Bisogna proprio essere aguzzini che gustano la voluttà dell'altrui sventura, per tenere degli infelici cento e più ore sotto l'impressione che il sesto della loro sentenza verrà consumata in una tana senza luce e senz'aria!
Nel cubicolo siamo rimasti due giorni e mezzo.
Durante questo primo periodo, non abbiamo visto che una ombra che passò dalla nostra cella con una parola per ogni buco: coraggio!
L'ombra era il cappellano.
Uscimmo storditi. Ci palpavamo la nuca e guardavamo il cielo come abbacinati. Erano bastati due giorni e mezzo per solcarci le guance e imbrutirci come gente che si levasse da una sbornia potentissima.
Ci scambiammo su per giù gli stessi pensieri.
- Credetti di morire, sapete. Mancavo d'aria: avevo bisogno di moto e di luce, soprattutto di luce, soprattutto di moto, soprattutto d'aria.
Don Davide aveva avuto delle nausee che lo avevano impensierito.
- Ci fu un momento in cui dovetti raccogliermi e pregare il Signore Iddio.
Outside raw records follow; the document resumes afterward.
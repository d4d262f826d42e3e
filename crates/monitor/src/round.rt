use book_base::Cut;

/// What a round found, with the cut that its scan gave.
#[derive(Debug, Clone, Copy, Drop)]
pub enum Round {
    /// The book at the cut has a legal order.
    Legal(Cut),
    /// The book at the cut has no legal order, and is the monitor's own witness.
    Illegal(Cut),
}
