//! Laws of runs whose callers judge nothing. Each is the contract of a function with nothing in it.

ghost use Rattle.monitor.specs.Deferred.{DeferringClientsMakeAll, LinesAreTheBook};
ghost use Rattle.monitor.specs.Published.{PublishedRecordsAreInTheBook, AnswersAreExact};

/// A client that judges no call makes all phases of its allotment, and its lines have all its calls
/// and records.
pub fn deferring_clients_make_all()
    ensures { DeferringClientsMakeAll }
{}

/// The book of lines that have the calls and the records of all callers is the callers' book.
pub fn lines_are_the_book()
    ensures { LinesAreTheBook }
{}

/// The counts of published records are a cut of the book of all calls.
pub fn published_records_are_in_the_book()
    ensures { PublishedRecordsAreInTheBook }
{}

/// A right answer, and a judgement of the book of all published records, has no witness exactly
/// where this book has a legal order.
pub fn answers_are_exact()
    ensures { AnswersAreExact }
{}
Costantino Lazzari aveva l'aria di uno smemorato. Si palpeggiava il collo e continuava a battere i piedi in terra come per ridar loro la circolazione del sangue.
Ci si condusse al passeggio in un cortiletto che sentiva del luogo. Non avevamo che uno spazio di pochi passi inquadrato da muraglie giallognole, scrostate e sbullettate. Col dorso verso la torricella, dalle finte finestre, che usciva da un angolo dell'edificio, vedevamo un largo verde di Capra Zoppa. La torricella era triste e ci ricordava che in essa erano le celle più orribili del reclusorio.